┌─ Given records

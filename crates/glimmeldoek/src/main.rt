// The two sheets of the folder that it is run in.
#![tactic(auto)]

fn main(rt: HostRuntime) {
    running::run(&rt, b"on.cnf", b"off.cnf");
}
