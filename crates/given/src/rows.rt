// The rows of two runs of words, one after the other: as many as the shorter run has words.
// By hand, since the type of a mapped `zip` cannot be named.
ghost use Rattle.std.specs.Iterator.{YieldsFirst, item_count};
ghost use Rattle.given.specs.Given.{rows_left};

use rules::Row;

#[derive(Clone, Copy)]
pub struct Rows<'a> {
    pub care: &'a [u32],
    pub value: &'a [u32],
}

impl<'a> Iterator for Rows<'a> {
    type Item = Row;

    ghost next_gives = { YieldsFirst rows_left };

    ghost remaining = { item_count rows_left };

    #[tactic(auto, using(crate::proofs::Runs::runs), unfolding(rules::specs::Calls::rows_in))]
    fn next(&mut self) -> Option<Row> {
        let (care, cares) = self.care.split_first()?;
        let (value, values) = self.value.split_first()?;
        self.care = cares;
        self.value = values;
        Some(Row {
            care: *care,
            value: *value,
        })
    }
}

└─

▸ About this task: What is the number of lines in the entries above that hold the string "Rattle"? Please state that number alone.

▸ Result of this exercise: 2